High inflation, rising interest rates, the war in Ukraine and looming global recession have increased the risk of financial instability and will put the financial sector to the test, the Dutch central bank (DNB) said on Monday.
At the same time, Dutch financial institutions are in a healthy position with solid buffers, the bank said in its latest financial stability report.
‘Inflation is high and interest rates are rising, while economic growth is slowing,’ said central bank president Klaas Knot in a statement. ‘We have not seen this mix of factors to this extent since the 1970s.’
The central bank chief said the economy is in better shape than back then. ‘I have confidence in the resilience of our financial sector,’ he said, adding that ‘but this combination of adverse developments undeniably increases financial stability risks’
In particular, households, businesses and governments with high levels of debt may face difficulties if interest rates rise further and income growth lags behind. An abrupt change in market expectations may also lead to sudden corrections in financial markets, the central bank said.
Banks will benefit from higher interest rates but must also expect increasing losses on outstanding loans, for example to energy-intensive industries. At the same time, rising mortgage rates and the deteriorating economic outlook are increasing the likelihood of price falls in the overheated housing market, the central bank said.
‘Banks should, therefore, keep their buffers above regulatory requirements as much as possible and exercise restraint in dividend payouts and share buybacks,’ the central bank said.

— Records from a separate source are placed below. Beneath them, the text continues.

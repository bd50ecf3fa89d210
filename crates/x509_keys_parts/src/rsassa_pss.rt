//! Parameters of RSASSA-PSS.

ghost use Rattle.std.specs.Prelude.{MatchResult, None, Some, ◌≡◌, refl, IfOk, IfErr};
ghost use Rattle.x509_der.specs.Types.read_error.{BadNumber};
ghost use Rattle.x509_der.specs.View.{kinds_in, meant};
ghost use Rattle.x509_der.specs.Integer.{magnitude};
ghost use Rattle.x509_der.specs.laws.Meaning.{seen_element, seen_lawful, sequence_keeps};
ghost use Rattle.x509_der.specs.laws.Structure.{structure_lawful, structure_element};
ghost use Rattle.x509_keys_parts.specs.RsassaPss.{salt_kinds, mask_gen_parts, mask_gen_base, mask_gen, mgf1, pss_inner, pss_base, salt_of, pss_fields, pss_meaning, rsassa_pss, pss_with};
ghost use Rattle.x509_keys_parts.specs.facts.RsassaPssFacts.{mask_gen_of, mask_gen_same, pss_is, pss_one};

use crate::hash_algorithm::HashAlgorithm;
use crate::salt::Salt;
use crate::salt_length::SaltLength;
use std::alloc::{AllocError, Allocator, Global};
use x509_der::parts::{
    Content, ContextConstructed, Field, Join, Judge, One, Output, Reader, Ref, SEQUENCE_TAG,
    Sequence, Structure, Tagged, View, WholeDeviations, pass_fields, pass_viewed, read_fields,
    read_viewed,
};
use x509_der::{
    CloneEq, Deviation, FromDer, IntegerAsn1, Magnitude, ObjectIdentifierAsn1, ReadError, SameEq,
    ToDer, TooLong,
};
use x509_oids_algorithms::id_mgf1;

/// A mask generation function, and its hash function.
///
/// # Encoding
/// `SEQUENCE { algorithm OBJECT IDENTIFIER, parameters HashAlgorithm }` (RFC 4055, 2.2). Any object identifier is read.
#[derive(Drop)]
#[derive_where(Debug, PartialEq, Eq)]
#[derive_where(Clone; A: Copy)]
pub struct MaskGenAlgorithm<A: Allocator = Global> {
    /// The mask generation function: MGF1 in use.
    pub mask_gen_algorithm: ObjectIdentifierAsn1<A>,
    /// Its hash function.
    pub hash_algorithm: HashAlgorithm,
}

impl<A: Allocator> MaskGenAlgorithm<A> {
    /// MGF1 with a hash function (RFC 8017, B.2.1).
    ///
    /// # Errors
    /// `AllocError` where memory is refused.
    pub fn new(alloc: A, hash_algorithm: HashAlgorithm) -> Result<Self, AllocError>
        ensures { IfOk result (λ v. v ≡ mgf1 hash_algorithm) }
    {
        Ok(MaskGenAlgorithm {
            mask_gen_algorithm: ObjectIdentifierAsn1(id_mgf1(alloc)?),
            hash_algorithm,
        })
    }
}

impl<A: Allocator + Copy> CloneEq for MaskGenAlgorithm<A> {
    ghost use Rattle.std.proofs.Common.{rules};

    ghost exact = { Prim.search (rules) };
}

impl<A: Allocator> SameEq for MaskGenAlgorithm<A> {
    fn decides() {
        ObjectIdentifierAsn1::<A>::decides();
        HashAlgorithm::decides();
    }
}

/// The fields as they stand in the SEQUENCE, owned or borrowed.
type MaskGenNest<I> = Tagged<Sequence, Join<I, One<HashAlgorithm>>>;

impl<A: Allocator> ToDer for MaskGenAlgorithm<A> {
    ghost strict = { λ v. mask_gen_base.strict (mask_gen_parts v) };

    fn put<O: Output>(&self, out: &mut [u8], at: usize) -> Result<usize, TooLong> {
        MaskGenNest::new(Join(Ref(&self.mask_gen_algorithm), One(self.hash_algorithm))).put::<O>(
            out, at,
        )
    }
}

impl<A: Allocator> Structure<MaskGenNest<ObjectIdentifierAsn1<A>>> for MaskGenAlgorithm<A> {
    ghost fields = { mask_gen_parts };

    fn from_fields(parts: MaskGenNest<ObjectIdentifierAsn1<A>>) -> Self {
        let Join(mask_gen_algorithm, One(hash_algorithm)) = parts.into_inner();
        MaskGenAlgorithm {
            mask_gen_algorithm,
            hash_algorithm,
        }
    }

    ghost same = { mask_gen_same };

    ghost made = { λ f. (mask_gen_of f, refl) };
}

impl<A: Allocator + Copy> Field<A> for MaskGenAlgorithm<A> {
    type Brief = ();

    ghost shape = { mask_gen };

    ghost brief = { λ v. tt };

    ghost lawful = { λ h. structure_lawful mask_gen_parts mask_gen_base mask_gen_same
        (⟦<MaskGenNest<ObjectIdentifierAsn1<A>> as Field<A>>⟧.lawful (tt, tt, λ c h. refl)) };

    ghost elements = { λ h. structure_element mask_gen_parts mask_gen_base
        (⟦<MaskGenNest<ObjectIdentifierAsn1<A>> as Field<A>>⟧.elements tt) };

    ghost agrees = { λ v. refl };

    fn starts(byte: u8) -> bool {
        byte == SEQUENCE_TAG
    }

    fn known(&self) {
        self.mask_gen_algorithm.known();
    }

    fn read(alloc: A, reader: &mut Reader<'_, A>) -> Result<Self, ReadError> {
        read_fields::<Self, MaskGenNest<ObjectIdentifierAsn1<A>>, A>(alloc, reader)
    }

    fn pass(alloc: A, reader: &mut Reader<'_, A>) -> Result<(), ReadError> {
        pass_fields::<Self, MaskGenNest<ObjectIdentifierAsn1<A>>, A>(alloc, reader)
    }
}

impl<A: Allocator + Copy> FromDer<A> for MaskGenAlgorithm<A> {
    ghost stands_alone = { (tt, tt) };
}

/// Parameters of RSASSA-PSS. The trailer field isn't among them, since it is always the default.
///
/// # Encoding
/// `SEQUENCE { hashAlgorithm [0] EXPLICIT HashAlgorithm, maskGenAlgorithm [1] EXPLICIT MaskGenAlgorithm, saltLength [2]
/// EXPLICIT INTEGER }` (RFC 4055, 3.1): all three are demanded, and written also where they are defaults. A negative
/// salt length is refused; one above 2^64 - 1 is read as 2^64 - 1 with the deviation `SaltTooLarge`.
#[derive(Drop)]
#[derive_where(Debug, PartialEq, Eq)]
#[derive_where(Clone; A: Copy)]
pub struct RsassaPssParams<A: Allocator = Global> {
    /// The hash function.
    pub hash_algorithm: HashAlgorithm,
    /// The mask generation function.
    pub mask_gen_algorithm: MaskGenAlgorithm<A>,
    /// How many bytes the salt has.
    pub salt_length: usize,
}

impl<A: Allocator> RsassaPssParams<A> {
    /// MGF1 with the same hash function, and a salt as long as a hash.
    ///
    /// # Errors
    /// `AllocError` where memory is refused.
    pub fn new(alloc: A, hash_algorithm: HashAlgorithm) -> Result<Self, AllocError>
        ensures { IfOk result (λ v. v ≡ pss_with hash_algorithm) }
    {
        Ok(RsassaPssParams {
            hash_algorithm,
            mask_gen_algorithm: MaskGenAlgorithm::new(alloc, hash_algorithm)?,
            salt_length: hash_algorithm.len(),
        })
    }
}

impl<A: Allocator + Copy> CloneEq for RsassaPssParams<A> {
    ghost use Rattle.std.proofs.Common.{rules};

    ghost exact = { Prim.search (rules) };
}

impl<A: Allocator> SameEq for RsassaPssParams<A> {
    fn decides() {
        HashAlgorithm::decides();
        MaskGenAlgorithm::<A>::decides();
    }
}

/// The fields in the SEQUENCE, owned or borrowed.
type Nest<M, S> = Join<
    Tagged<ContextConstructed<0>, One<HashAlgorithm>>,
    Join<Tagged<ContextConstructed<1>, One<M>>, One<Tagged<ContextConstructed<2>, One<S>>>>,
>;

/// The fields in the SEQUENCE, owned.
type Inner<A> = Nest<MaskGenAlgorithm<A>, Salt<A>>;

/// The fields, owned.
type Fields<A> = Tagged<Sequence, Inner<A>>;

/// The fields that are written, borrowed.
type Written<'a, A> = Tagged<Sequence, Nest<Ref<'a, MaskGenAlgorithm<A>>, SaltLength>>;

/// The fields of parameters, to be written.
fn written<A: Allocator>(value: &RsassaPssParams<A>) -> Written<'_, A>
    ensures { result ≡ (value.now.hash_algorithm, (value.now.mask_gen_algorithm, value.now.salt_length)) }
{
    let salt = One(Tagged::new(One(SaltLength(value.salt_length))));
    let mask_gen = Tagged::new(One(Ref(&value.mask_gen_algorithm)));
    let hash = Tagged::new(One(value.hash_algorithm));
    Tagged::new(Join(hash, Join(mask_gen, salt)))
}

impl<A: Allocator> ToDer for RsassaPssParams<A> {
    ghost strict = { λ v. pss_base.strict (pss_fields v) };

    fn put<O: Output>(&self, out: &mut [u8], at: usize) -> Result<usize, TooLong> {
        written(self).put::<O>(out, at)
    }
}

/// The salt length that an INTEGER says, and the deviation of one that is too large.
///
/// # Errors
/// `BadNumber` exactly where it is negative.
#[tactic(auto, using(crate::specs::facts::RsassaPssFacts::salt_small, crate::specs::facts::RsassaPssFacts::salt_large, crate::specs::facts::RsassaPssFacts::salt_negative))]
fn salt_in<A: Allocator>(salt: &IntegerAsn1<A>) -> Result<(usize, WholeDeviations), ReadError>
    ensures meaning { salt_of salt.now ≡ meant result }
    ensures refusal { IfErr result (λ e. e ≡ BadNumber) }
{
    if salt.is_negative() {
        return Err(ReadError::BadNumber);
    }
    match salt.to_u64() {
        Some(number) => Ok((number as usize, WholeDeviations::Nothing)),
        None => Ok((usize::MAX, WholeDeviations::One(Deviation::SaltTooLarge))),
    }
}

impl<A: Allocator + Copy> View<Fields<A>, A> for RsassaPssParams<A> {
    ghost base = { pss_base };

    ghost view = { pss_meaning };

    ghost keeps = { sequence_keeps pss_meaning pss_inner
        (⟦<Inner<A> as Content<A>>⟧.content_lawful (tt, (tt, tt, λ c h. refl), λ c h. refl)) pss_is pss_one };

    fn meaning(_alloc: A, parts: Fields<A>) -> Result<(Self, WholeDeviations), ReadError> {
        let Join(hash_algorithm, Join(mask_gen_algorithm, One(salt))) = parts.into_inner();
        let (salt_length, found) = salt_in(salt.into_value().number())?;
        let parameters = RsassaPssParams {
            hash_algorithm: hash_algorithm.into_value(),
            mask_gen_algorithm: mask_gen_algorithm.into_value(),
            salt_length,
        };
        Ok((parameters, found))
    }
}

/// What a length says that is so large.
///
/// # Errors
/// `BadNumber` exactly where it is negative.
fn salt_within(magnitude: Magnitude) -> Result<WholeDeviations, ReadError>
    ensures { MatchResult result (λ w. salt_kinds magnitude ≡ Some (kinds_in w)) (λ e. (salt_kinds magnitude ≡ None) × (e ≡ BadNumber)) }
{
    match magnitude {
        Magnitude::Negative => Err(ReadError::BadNumber),
        Magnitude::Byte(_) | Magnitude::Small => Ok(WholeDeviations::Nothing),
        Magnitude::Large => Ok(WholeDeviations::One(Deviation::SaltTooLarge)),
    }
}

impl<A: Allocator + Copy> Judge<Fields<A>, A> for RsassaPssParams<A> {
    type Glimpse = ((), ((), Magnitude));

    type Kept = ();

    ghost glimpse = { λ f. (tt, (tt, magnitude f.1.1)) };

    ghost kept = { λ v. tt };

    fn judge(brief: ((), ((), Magnitude))) -> Result<((), WholeDeviations), ReadError> {
        let (_hash, (_mask, salt)) = brief;
        let found = salt_within(salt)?;
        Ok(((), found))
    }
}

impl<A: Allocator + Copy> Field<A> for RsassaPssParams<A> {
    type Brief = ();

    ghost shape = { rsassa_pss };

    ghost brief = { λ v. tt };

    ghost lawful = { λ h. seen_lawful pss_meaning pss_base ⟦<RsassaPssParams<A> as View<Fields<A>, A>>⟧.keeps };

    ghost elements = { λ h. seen_element pss_meaning pss_base (⟦<Fields<A> as Field<A>>⟧.elements tt)
        pss_is };

    ghost agrees = { λ v. refl };

    fn starts(byte: u8) -> bool {
        byte == SEQUENCE_TAG
    }

    fn known(&self) {
        self.mask_gen_algorithm.known();
        // The number is looked at, so that the proof knows its range.
        let _salt_length = self.salt_length;
    }

    fn read(alloc: A, reader: &mut Reader<'_, A>) -> Result<Self, ReadError> {
        read_viewed::<Self, Fields<A>, A>(alloc, reader)
    }

    fn pass(alloc: A, reader: &mut Reader<'_, A>) -> Result<(), ReadError> {
        pass_viewed::<Self, Fields<A>, A>(alloc, reader)
    }
}

impl<A: Allocator + Copy> FromDer<A> for RsassaPssParams<A> {
    ghost stands_alone = { (tt, tt) };
}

Inflation in the Netherlands is currently between 14% and 17%, depending on which way it is calculated. There are also signs that house prices are now coming down.
Dutch banks have had to hold extra capital since the beginning of this year to cover their outstanding mortgage loans and that measure will now be extended to December 1, 2024, the central bank said.
British forecasting agency Oxford Economics said in a report last week that Canada, New Zealand, the Netherlands, and Australia are among the housing markets most at risk.
‘In these markets, price increases since 2019 have been large, valuations are elevated, debt levels are high, and floating-rate debt is often prominent,’ the report said.